If you’re like me, the first thing that went through your mind was, “Hey – according to what I hear, Keith Olbermann hasn’t had five friends at one time in his whole life.” This may be right, it may be wrong – I can’t say with any certainty. What I can say is that the Five Friends provided the bridge over the abyss that was becoming Olbermann’s career, and the story needs to be probed a little further.
One of two things is true, and each possibility is so far removed from each other one struggles to comprehend the ramifications. The first would be that Olbermann DID have five friends die in the September 11 attacks. He IS a victim. He DOES legitimately come by the moral authority he waves in everyone’s face. It is an amazing story – the agony of the sudden loss of friends translating to passion, righteous indignation and a revived career. It is a story that should be covered in depth, about a person who, when it concerns this particular issue, should have the respect of all sides of the ideological spectrum. A story of good friends who supported Keith Olbermann during his trek through the wilderness and would be proud of his accomplishments had their lives had not been tragically cut short by a terrorist attack. A story that would either take the sharp edge off of someone who has become intolerable, or at least provide an explanation for it.

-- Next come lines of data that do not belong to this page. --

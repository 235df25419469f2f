//! Tests of mast_write: every line of a refusal, the usage text, and the texts of facts, answers, conflicts and lines.
ghost use Rattle.std.specs.Prelude.{◌<◌, length, IfOk};
ghost use Rattle.mast_terms.specs.Vocabularies.{iris};
ghost use Rattle.mast_write.specs.FactLines.{IsFactOf};

use mast_canon::{Ground, Origin, RowId};
use mast_sparsql::{QueryBreach, QueryKind};
use mast_tables::{RowBreach, RowKind, TableDecl};
use mast_tbox::{RestrictionBreach, RestrictionKind};
use mast_terms::{
    Args, List, Name, NameKind, NoMemory, Object, Term, Text, Tuple, Value, Vocabulary,
};
use mast_tree::{DocName, LexBreach, LexKind, ShapeBreach, ShapeKind, TreeBreach, TreeKind};
use mast_write::{
    EventKind, Fact, Lines, Refusal, answer_text, conflict_text, facts_text, refusal_text,
    summary_text, usage_text,
};
use std::alloc::Global;
use std::test::Fail;

static LEXICAL: [(LexKind, EventKind, &str); 5] = [
    (
        LexKind::NotUtf8,
        EventKind::Refused,
        "refused ontology byte 4294967295 not-utf8\n",
    ),
    (
        LexKind::Character,
        EventKind::Refused,
        "refused ontology byte 4294967295 character\n",
    ),
    (
        LexKind::OpenString,
        EventKind::Refused,
        "refused ontology byte 4294967295 open-string\n",
    ),
    (
        LexKind::Escape,
        EventKind::Refused,
        "refused ontology byte 4294967295 escape\n",
    ),
    (
        LexKind::OpenIri,
        EventKind::Refused,
        "refused ontology byte 4294967295 open-iri\n",
    ),
];

static TREES: [(TreeKind, EventKind, &str); 2] = [
    (
        TreeKind::Unexpected,
        EventKind::Refused,
        "refused constraints token 0 unexpected\n",
    ),
    (
        TreeKind::Deep,
        EventKind::Limit,
        "limit depth constraints token 0\n",
    ),
];

static SHAPES: [(ShapeKind, EventKind, &str); 18] = [
    (
        ShapeKind::Shape,
        EventKind::Refused,
        "refused mappings line 12 shape\n",
    ),
    (
        ShapeKind::UnknownPrefix,
        EventKind::Refused,
        "refused mappings line 12 unknown-prefix\n",
    ),
    (
        ShapeKind::TwoKinds,
        EventKind::Refused,
        "refused mappings line 12 two-kinds\n",
    ),
    (
        ShapeKind::Datatype,
        EventKind::Refused,
        "refused mappings line 12 datatype\n",
    ),
    (
        ShapeKind::NotDlLite,
        EventKind::Refused,
        "refused mappings line 12 not-dl-lite\n",
    ),
    (
        ShapeKind::AssertionHere,
        EventKind::Refused,
        "refused mappings line 12 assertion-here\n",
    ),
    (
        ShapeKind::TopOnLeft,
        EventKind::Refused,
        "refused mappings line 12 top-on-left\n",
    ),
    (
        ShapeKind::BadConstant,
        EventKind::Refused,
        "refused mappings line 12 bad-constant\n",
    ),
    (
        ShapeKind::SortClash,
        EventKind::Refused,
        "refused mappings line 12 sort-clash\n",
    ),
    (
        ShapeKind::DoubleName,
        EventKind::Refused,
        "refused mappings line 12 double-name\n",
    ),
    (
        ShapeKind::UnknownTable,
        EventKind::Refused,
        "refused mappings line 12 unknown-table\n",
    ),
    (
        ShapeKind::UnknownColumn,
        EventKind::Refused,
        "refused mappings line 12 unknown-column\n",
    ),
    (
        ShapeKind::KindClash,
        EventKind::Refused,
        "refused mappings line 12 kind-clash\n",
    ),
    (
        ShapeKind::Sql { token: 7 },
        EventKind::Refused,
        "refused mappings line 12 sql 7\n",
    ),
    (
        ShapeKind::Names,
        EventKind::Limit,
        "limit names mappings line 12\n",
    ),
    (
        ShapeKind::Items,
        EventKind::Limit,
        "limit items mappings line 12\n",
    ),
    (
        ShapeKind::Atoms,
        EventKind::Limit,
        "limit atoms mappings line 12\n",
    ),
    (
        ShapeKind::Aliases,
        EventKind::Limit,
        "limit aliases mappings line 12\n",
    ),
];

static RESTRICTIONS: [(RestrictionKind, EventKind, &str); 3] = [
    (
        RestrictionKind::FunctSpecialised,
        EventKind::Refused,
        "refused restrictions ontology line 3 funct-specialised\n",
    ),
    (
        RestrictionKind::NotLocal,
        EventKind::Refused,
        "refused restrictions ontology line 3 not-local\n",
    ),
    (
        RestrictionKind::AnchorSpecialised,
        EventKind::Refused,
        "refused restrictions ontology line 3 anchor-specialised\n",
    ),
];
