//! What histories and answers tell.

use crate::classes::{Named, is_class};
use crate::loaders::APP;
use cl_model::{Answer, Event, Verdict};
use std::alloc::{AllocError, Global};

/// How many references a history settles, and how many rounds it begins.
pub fn count_events(history: &[Event]) -> (usize, usize) {
    let mut settled = 0usize;
    let mut rounds = 0usize;
    for event in history {
        match event {
            Event::Settle(_) => settled = settled.saturating_add(1),
            Event::NextRound => rounds = rounds.saturating_add(1),
            _ => {}
        }
    }
    (settled, rounds)
}

fn is_service(verdict: &Verdict) -> bool {
    match verdict {
        Verdict::Method(class, _) => is_class(class, APP, Named::Service),
        _ => false,
    }
}

/// Whether each answer is the method of the service in `app`.
fn are_service(answers: &[Answer]) -> bool {
    for answer in answers {
        let is_so = match answer {
            Answer::Said(verdict) => is_service(verdict),
            Answer::Shared(settled) => is_service(&settled.verdict),
            _ => false,
        };
        if !is_so {
            return false;
        }
    }
    true
}

/// A script of a thousand requests for one reference, in `plug`.
pub fn thousand_resolutions(alloc: Global) -> Result<String, AllocError> {
    let mut script = String::new(alloc);
    for _ in 0..1000 {
        script.push_str("resolve plug p/Use 1\n")?;
    }
    Ok(script)
}

/// Whether these are the history and the answers of that script: the reference is settled once, and each request has it.
pub fn settles_once(history: &[Event], answers: &[Answer]) -> bool {
    let (settled, _) = count_events(history);
    settled == 1 && answers.len() == 1000 && are_service(answers)
}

The other possibility is almost too dark and sick to consider. What if there are really no Five Friends? What if the story, and all that goes with it, was made up, or exaggerated, at a time when no one was paying attention and it really didn’t matter? What if they were only casual acquaintances – bar buddies, or doormen, or waiters? What if he counted them as friends, but they despised him?
What would that mean?
It would mean that the girders that hold up the framework of his present status are rusted and rickety. It would mean that his moral authority is gone, resting in the graveyard of inflated credentials and ruined careers. It would mean that instead of respect from all sides of the political spectrum, he should be the object of scorn.
So Chris, here’s the advice. It is up to you. Check out the story. Get the names. If it is true, take your medicine and realize that you work for a guy who earned it, every step of the way. After the recent disgrace of being pulled from election night coverage (your favorite night of the year – admit it), a human interest story like that could be the ticket that propels you both to the top of your respective time slots. If it is not true, well….
Hey, it’s about break time, so you better hustle and take Olbermann his gluten-free snacks, ‘kay?